Nel suo precedente libro, La magia del numero 10, ci ha parlato dei grandi numeri 10 del calcio. In cosa sono diversi i numeri 10 dai numeri 7?

“Inizialmente nel ruolo: quando i numeri venivano assegnati in maniera rigida ovviamente la posizione in campo era diversa tra 10 e 7. Adesso diciamo che sono i numeri più indossati dai grandi ‘trequartisti’, esterni d’attacco o attaccanti, il che li accomuna molto. Per me, per i tanti geni e artisti del pallone che li hanno indossati sono senza dubbio i numeri più affascinanti nel calcio”.

Qual è stato il più forte numero 7 della storia? E qual è invece il suo preferito?

"Non ho mai amato onestamente questo tipo di domanda, qualsiasi sia il contesto. Il più forte o il più grande della storia, in qualsiasi campo, è impossibile da dire in maniera obiettiva e univoca: ognuno ha le sue preferenze. Ecco, posso rispondere alla seconda domanda e dirle qual è invece il mio preferito, anche se ammetto di amarli veramente tutti (così come per i 10). Forse Garrincha è quello con la storia più incredibile, quindi vince sicuramente tra i 7 che non ho vissuto. Matt Le Tissier lo è invece tra quelli che ho potuto ammirare, per me è quello più romantico. Un po’ come nei 10 ho amato alla follia Rui Costa, nei 7 sono sempre stato ipnotizzato da questo mago proveniente dall’Isola di Guernsey, il che accresce la magia intorno a lui: è probabilmente l’unico nativo di quelle zone ad esser arrivato ai livelli più alti del calcio. Le Tissier, per me, era come un personaggio immaginario di quelle fantastiche favole che mi raccontavano per farmi addormentare da bambino… Non credevo ai miei occhi”.

Quale sarà il numero del prossimo libro, dopo il 10 e il 7?
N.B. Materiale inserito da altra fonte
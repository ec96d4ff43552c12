//! What the slots of a round table hold, as a parameter: nothing, or the pieces of a round.
ghost use Rattle.std.specs.Prelude.{◌≡◌, IfOk, length};
ghost use Rattle.spindle_rounds.specs.RoundSlots.{Discipline, Lawful, bare, bare_lawful};

use std::alloc::{AllocError, Global};

/// What a table's slots hold, and what a seat notes of the slot of its claim.
///
/// The discipline says what holds of the slots beside the state of the round and what the seats know: which slot a
/// number gives when it begins, what its end gives back, and what may be published.
pub trait SlotContents {
    /// What stands in one slot.
    type Slot: Drop;

    /// What a seat notes of the slot of its claim.
    type Note;

    ghost discipline: { Discipline Self.Slot Self.Note };

    /// As many slots as a table may open with.
    fn vacant(alloc: Global, slots: usize) -> Result<Vec<Self::Slot>, AllocError>
        ensures starts { IfOk result (λ v. discipline.starts v.items) }
        ensures many { IfOk result (λ v. length v.items ≡ slots) };

    ghost lawful: { Lawful discipline };
}

/// A table without slots.
pub struct Bare;

impl SlotContents for Bare {
    type Slot = ();

    type Note = ();

    ghost discipline = { bare };

    fn vacant(alloc: Global, slots: usize) -> Result<Vec<()>, AllocError> {
        Vec::from_elem(alloc, (), slots)
    }

    ghost lawful = { bare_lawful };
}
“Innanzitutto, speriamo che anche Settimo cielo abbia il successo de La magia del numero 10 e che piaccia tanto quanto il primo. Anzi mi assumo la responsabilità di dire che, quello sui 7, è anche scritto meglio. Poi vediamo se scriverne un altro. Di idee ce ne sono tante, ma secondo me c’è un terzo numero che è stato indossato e rappresenta altri tantissimi grandi campioni, tra i più amati e ‘prolifici’ di sempre. Potete già immaginare quale sia…”.